[Start of section]
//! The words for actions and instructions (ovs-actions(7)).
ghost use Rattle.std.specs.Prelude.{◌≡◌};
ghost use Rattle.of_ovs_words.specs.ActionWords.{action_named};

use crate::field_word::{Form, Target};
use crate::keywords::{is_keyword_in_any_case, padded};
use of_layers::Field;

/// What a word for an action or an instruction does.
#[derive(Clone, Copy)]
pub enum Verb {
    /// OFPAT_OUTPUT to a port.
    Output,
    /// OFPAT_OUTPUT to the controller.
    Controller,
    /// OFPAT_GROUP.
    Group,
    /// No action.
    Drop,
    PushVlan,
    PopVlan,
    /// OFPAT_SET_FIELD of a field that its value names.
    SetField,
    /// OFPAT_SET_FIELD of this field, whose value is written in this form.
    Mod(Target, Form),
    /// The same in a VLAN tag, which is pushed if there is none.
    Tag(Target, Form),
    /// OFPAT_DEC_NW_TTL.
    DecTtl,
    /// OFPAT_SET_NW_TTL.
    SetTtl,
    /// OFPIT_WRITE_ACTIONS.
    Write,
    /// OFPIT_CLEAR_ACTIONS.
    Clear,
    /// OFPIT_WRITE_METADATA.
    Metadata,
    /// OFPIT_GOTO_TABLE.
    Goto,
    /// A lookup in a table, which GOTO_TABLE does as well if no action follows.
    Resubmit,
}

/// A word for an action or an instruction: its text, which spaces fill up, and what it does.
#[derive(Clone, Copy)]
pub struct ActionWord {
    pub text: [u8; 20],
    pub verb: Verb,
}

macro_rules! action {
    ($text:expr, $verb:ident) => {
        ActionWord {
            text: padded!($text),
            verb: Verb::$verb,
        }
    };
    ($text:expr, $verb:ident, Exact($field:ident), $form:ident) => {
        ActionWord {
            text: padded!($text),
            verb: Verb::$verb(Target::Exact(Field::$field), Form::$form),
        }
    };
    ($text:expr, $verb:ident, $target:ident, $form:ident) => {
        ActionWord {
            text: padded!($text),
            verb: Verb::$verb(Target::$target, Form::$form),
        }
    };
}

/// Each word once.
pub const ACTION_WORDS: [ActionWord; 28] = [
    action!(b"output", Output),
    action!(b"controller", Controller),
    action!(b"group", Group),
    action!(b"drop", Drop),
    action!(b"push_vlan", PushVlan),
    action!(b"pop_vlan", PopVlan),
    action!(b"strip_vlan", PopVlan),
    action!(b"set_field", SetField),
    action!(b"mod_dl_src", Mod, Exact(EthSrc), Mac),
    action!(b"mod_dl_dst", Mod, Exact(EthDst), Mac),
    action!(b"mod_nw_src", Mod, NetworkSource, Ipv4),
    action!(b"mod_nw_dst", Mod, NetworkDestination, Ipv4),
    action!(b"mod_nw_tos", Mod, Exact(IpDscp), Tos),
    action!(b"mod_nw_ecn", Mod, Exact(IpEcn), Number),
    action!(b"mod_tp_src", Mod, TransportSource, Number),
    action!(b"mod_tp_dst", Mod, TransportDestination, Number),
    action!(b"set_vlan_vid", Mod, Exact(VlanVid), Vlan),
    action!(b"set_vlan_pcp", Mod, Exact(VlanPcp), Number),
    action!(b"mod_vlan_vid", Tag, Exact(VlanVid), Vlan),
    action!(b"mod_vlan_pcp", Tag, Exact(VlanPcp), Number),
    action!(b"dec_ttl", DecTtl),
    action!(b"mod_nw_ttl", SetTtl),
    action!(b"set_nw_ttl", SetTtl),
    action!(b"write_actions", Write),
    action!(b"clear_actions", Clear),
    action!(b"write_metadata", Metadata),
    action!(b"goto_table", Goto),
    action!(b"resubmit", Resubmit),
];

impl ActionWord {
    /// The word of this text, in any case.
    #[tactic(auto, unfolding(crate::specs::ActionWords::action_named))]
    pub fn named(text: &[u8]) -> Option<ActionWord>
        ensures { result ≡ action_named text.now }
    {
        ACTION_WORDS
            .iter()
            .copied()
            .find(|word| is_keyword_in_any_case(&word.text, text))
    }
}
[End of section]
• **Problem to solve**: Your answer should be a single number: the count of lines above with the word "does".

• **Solved exercise**: 3